(Dataset entries)
---

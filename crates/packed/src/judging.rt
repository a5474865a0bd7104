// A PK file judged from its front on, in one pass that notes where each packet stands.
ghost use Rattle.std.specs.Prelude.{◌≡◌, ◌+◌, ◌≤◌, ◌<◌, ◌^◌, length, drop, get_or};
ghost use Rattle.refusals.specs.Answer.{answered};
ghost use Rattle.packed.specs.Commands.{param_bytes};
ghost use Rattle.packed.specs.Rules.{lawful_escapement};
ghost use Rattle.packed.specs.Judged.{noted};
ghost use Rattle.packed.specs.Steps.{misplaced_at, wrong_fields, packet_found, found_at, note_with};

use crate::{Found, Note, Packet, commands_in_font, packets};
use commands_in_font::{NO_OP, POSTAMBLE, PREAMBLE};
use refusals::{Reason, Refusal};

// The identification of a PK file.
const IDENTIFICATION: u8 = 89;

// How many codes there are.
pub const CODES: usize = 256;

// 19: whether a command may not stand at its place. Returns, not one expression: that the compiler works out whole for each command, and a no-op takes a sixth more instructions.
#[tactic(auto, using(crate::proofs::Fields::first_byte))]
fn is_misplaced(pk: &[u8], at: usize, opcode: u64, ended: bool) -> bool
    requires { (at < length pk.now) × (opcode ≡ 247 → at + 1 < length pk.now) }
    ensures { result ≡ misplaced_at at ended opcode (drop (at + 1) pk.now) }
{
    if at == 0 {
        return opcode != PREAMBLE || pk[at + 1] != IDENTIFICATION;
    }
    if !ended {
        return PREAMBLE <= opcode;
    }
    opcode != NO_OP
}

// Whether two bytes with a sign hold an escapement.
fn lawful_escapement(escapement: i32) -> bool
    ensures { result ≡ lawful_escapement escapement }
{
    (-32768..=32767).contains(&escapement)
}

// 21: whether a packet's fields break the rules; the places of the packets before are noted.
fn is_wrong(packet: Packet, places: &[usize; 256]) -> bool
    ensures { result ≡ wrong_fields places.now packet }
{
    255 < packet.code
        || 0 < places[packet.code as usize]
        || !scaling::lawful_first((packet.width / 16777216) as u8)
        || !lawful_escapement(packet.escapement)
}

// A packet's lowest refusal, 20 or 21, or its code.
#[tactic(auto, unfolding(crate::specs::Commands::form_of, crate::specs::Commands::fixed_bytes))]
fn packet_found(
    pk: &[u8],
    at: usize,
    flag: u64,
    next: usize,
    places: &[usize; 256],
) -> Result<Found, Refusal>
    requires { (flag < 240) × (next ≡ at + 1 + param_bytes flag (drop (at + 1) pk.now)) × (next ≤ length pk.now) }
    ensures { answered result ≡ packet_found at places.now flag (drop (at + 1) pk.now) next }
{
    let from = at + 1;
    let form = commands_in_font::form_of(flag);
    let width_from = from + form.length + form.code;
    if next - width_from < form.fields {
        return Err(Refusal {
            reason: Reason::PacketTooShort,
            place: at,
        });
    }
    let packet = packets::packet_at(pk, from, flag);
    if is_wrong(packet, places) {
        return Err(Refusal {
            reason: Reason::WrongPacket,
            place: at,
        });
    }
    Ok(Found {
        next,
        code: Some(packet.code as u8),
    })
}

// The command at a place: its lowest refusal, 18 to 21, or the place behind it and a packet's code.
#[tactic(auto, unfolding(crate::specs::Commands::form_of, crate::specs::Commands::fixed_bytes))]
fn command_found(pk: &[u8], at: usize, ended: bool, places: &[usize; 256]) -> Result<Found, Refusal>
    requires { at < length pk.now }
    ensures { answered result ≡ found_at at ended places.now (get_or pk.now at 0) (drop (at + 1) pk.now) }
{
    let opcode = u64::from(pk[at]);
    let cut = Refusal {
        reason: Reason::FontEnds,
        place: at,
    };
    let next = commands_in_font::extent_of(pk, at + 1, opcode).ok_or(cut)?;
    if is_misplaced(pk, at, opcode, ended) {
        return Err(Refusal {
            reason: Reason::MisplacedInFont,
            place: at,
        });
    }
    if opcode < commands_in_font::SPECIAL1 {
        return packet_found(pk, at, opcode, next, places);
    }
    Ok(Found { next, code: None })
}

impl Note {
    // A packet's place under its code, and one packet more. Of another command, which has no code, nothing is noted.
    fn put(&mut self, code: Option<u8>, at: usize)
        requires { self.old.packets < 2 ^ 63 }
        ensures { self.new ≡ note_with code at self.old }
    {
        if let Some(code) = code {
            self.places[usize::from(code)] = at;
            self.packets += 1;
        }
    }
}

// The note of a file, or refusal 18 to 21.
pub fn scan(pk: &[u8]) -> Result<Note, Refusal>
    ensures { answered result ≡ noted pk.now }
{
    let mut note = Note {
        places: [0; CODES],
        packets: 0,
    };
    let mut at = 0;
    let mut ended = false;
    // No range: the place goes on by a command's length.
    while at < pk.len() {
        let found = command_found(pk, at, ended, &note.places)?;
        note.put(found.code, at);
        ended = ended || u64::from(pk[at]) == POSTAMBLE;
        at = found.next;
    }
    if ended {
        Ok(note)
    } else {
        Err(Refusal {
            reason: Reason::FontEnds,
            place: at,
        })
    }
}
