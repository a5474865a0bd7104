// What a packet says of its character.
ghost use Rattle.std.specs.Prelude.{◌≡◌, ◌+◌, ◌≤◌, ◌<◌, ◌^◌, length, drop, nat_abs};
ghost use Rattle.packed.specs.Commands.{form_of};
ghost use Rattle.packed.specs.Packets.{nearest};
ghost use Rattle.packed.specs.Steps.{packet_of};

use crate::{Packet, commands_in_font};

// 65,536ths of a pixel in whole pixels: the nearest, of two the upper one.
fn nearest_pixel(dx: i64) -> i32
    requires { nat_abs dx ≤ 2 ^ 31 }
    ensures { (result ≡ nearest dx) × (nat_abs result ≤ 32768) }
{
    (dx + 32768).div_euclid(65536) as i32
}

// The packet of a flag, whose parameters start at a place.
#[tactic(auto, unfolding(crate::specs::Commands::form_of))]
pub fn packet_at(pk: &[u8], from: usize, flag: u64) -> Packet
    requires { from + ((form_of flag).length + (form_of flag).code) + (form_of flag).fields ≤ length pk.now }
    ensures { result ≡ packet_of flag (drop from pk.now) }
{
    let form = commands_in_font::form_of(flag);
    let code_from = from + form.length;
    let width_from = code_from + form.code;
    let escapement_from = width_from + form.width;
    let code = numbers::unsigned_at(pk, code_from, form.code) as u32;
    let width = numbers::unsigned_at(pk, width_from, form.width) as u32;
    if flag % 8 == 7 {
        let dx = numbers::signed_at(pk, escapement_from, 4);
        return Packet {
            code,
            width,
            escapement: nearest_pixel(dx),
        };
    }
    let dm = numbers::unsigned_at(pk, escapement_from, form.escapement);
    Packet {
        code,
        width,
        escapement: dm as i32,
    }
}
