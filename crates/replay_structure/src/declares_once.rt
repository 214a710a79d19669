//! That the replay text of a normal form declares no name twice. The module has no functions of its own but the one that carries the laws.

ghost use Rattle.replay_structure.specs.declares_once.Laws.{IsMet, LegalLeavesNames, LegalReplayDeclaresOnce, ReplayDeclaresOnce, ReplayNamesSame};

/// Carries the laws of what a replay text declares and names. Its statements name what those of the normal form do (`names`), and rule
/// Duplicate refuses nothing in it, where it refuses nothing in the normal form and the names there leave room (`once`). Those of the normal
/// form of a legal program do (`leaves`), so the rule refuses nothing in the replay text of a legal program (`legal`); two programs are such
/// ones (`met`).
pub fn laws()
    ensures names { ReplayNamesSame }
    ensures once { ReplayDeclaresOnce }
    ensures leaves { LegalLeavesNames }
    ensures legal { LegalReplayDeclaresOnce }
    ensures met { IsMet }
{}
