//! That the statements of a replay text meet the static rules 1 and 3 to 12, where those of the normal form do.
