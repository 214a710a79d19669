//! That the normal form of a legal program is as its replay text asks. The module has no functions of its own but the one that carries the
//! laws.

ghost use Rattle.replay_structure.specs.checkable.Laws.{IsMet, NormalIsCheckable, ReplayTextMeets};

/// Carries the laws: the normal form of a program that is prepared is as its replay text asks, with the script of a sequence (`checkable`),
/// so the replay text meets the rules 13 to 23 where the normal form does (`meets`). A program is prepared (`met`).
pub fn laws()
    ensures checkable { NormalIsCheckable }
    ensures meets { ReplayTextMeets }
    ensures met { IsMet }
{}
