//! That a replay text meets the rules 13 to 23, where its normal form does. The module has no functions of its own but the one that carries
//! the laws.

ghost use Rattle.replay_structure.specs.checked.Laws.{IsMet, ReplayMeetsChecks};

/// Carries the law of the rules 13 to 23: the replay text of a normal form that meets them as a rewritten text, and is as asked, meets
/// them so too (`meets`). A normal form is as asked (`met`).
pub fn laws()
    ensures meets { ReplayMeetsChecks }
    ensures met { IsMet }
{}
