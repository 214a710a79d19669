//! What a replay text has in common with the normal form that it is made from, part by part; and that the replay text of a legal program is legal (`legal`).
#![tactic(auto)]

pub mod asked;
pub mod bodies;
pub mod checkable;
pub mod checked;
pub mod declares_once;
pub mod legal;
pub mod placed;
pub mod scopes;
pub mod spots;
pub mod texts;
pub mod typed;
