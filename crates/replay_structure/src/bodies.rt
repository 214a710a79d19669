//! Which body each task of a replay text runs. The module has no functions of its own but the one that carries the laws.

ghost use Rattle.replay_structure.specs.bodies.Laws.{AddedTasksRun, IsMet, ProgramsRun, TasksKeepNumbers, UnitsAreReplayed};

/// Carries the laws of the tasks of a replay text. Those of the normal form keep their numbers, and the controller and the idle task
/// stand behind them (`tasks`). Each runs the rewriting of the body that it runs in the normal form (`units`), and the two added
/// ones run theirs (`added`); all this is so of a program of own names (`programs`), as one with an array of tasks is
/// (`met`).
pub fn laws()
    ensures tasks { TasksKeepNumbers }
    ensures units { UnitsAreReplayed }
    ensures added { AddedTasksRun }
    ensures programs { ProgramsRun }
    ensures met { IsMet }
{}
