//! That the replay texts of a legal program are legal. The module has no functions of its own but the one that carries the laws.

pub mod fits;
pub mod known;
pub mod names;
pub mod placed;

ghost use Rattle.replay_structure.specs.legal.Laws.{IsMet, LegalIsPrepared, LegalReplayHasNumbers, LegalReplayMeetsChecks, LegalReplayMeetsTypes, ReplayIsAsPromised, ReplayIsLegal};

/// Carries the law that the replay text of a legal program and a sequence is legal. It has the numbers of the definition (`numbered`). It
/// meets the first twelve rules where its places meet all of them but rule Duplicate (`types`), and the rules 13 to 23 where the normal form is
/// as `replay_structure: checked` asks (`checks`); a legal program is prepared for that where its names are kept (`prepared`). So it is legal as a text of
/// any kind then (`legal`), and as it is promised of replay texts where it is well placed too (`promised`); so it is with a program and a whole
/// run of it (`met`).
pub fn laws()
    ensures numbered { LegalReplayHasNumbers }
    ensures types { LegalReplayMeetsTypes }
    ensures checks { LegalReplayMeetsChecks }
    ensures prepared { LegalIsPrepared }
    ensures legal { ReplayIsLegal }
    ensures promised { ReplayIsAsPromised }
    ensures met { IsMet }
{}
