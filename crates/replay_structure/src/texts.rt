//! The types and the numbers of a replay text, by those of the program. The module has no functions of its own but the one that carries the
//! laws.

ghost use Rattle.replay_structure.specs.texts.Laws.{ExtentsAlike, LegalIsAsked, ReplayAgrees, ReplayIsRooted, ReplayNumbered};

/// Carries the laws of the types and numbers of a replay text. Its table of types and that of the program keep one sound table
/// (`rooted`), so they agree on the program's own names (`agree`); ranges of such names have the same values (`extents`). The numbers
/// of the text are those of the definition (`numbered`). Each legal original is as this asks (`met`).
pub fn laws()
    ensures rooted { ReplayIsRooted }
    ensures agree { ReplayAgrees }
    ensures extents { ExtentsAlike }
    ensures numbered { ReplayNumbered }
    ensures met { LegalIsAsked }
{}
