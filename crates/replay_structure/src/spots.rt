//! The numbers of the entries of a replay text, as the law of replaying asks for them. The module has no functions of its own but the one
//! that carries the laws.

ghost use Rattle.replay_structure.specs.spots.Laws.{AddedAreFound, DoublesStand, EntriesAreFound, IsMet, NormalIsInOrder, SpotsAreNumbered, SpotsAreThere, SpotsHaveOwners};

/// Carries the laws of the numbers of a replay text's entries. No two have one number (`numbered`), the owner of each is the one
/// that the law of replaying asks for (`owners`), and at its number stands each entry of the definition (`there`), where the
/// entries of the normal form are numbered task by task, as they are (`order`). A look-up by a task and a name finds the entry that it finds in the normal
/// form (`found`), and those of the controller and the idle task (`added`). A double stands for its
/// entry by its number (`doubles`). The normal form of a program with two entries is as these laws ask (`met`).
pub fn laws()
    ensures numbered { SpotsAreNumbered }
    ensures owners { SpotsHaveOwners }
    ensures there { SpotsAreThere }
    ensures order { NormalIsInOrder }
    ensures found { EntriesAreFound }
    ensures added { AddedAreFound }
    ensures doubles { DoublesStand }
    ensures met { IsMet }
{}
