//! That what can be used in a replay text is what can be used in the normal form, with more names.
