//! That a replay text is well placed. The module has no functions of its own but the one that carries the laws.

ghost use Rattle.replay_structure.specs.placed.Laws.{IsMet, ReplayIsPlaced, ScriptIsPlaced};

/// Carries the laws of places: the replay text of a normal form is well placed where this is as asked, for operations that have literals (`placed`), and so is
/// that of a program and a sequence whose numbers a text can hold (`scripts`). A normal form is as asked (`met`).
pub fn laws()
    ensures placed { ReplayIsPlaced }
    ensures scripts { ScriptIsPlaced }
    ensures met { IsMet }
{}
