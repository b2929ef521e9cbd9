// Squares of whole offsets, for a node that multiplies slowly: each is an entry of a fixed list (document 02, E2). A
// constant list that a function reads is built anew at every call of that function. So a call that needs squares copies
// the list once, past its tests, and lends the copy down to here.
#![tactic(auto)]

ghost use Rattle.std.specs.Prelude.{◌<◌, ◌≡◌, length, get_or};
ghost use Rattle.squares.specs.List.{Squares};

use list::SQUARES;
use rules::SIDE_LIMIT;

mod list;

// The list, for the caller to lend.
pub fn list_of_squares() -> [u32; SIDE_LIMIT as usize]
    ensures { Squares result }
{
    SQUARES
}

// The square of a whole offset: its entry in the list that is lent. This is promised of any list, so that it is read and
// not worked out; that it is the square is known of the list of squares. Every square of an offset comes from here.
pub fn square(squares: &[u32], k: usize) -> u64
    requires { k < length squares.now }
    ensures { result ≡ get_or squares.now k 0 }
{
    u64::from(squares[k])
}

---

Nothing but a number is expected: the tally of lines in the records that include the word "noted".

→ **EXERCISE OUTPUT**: 4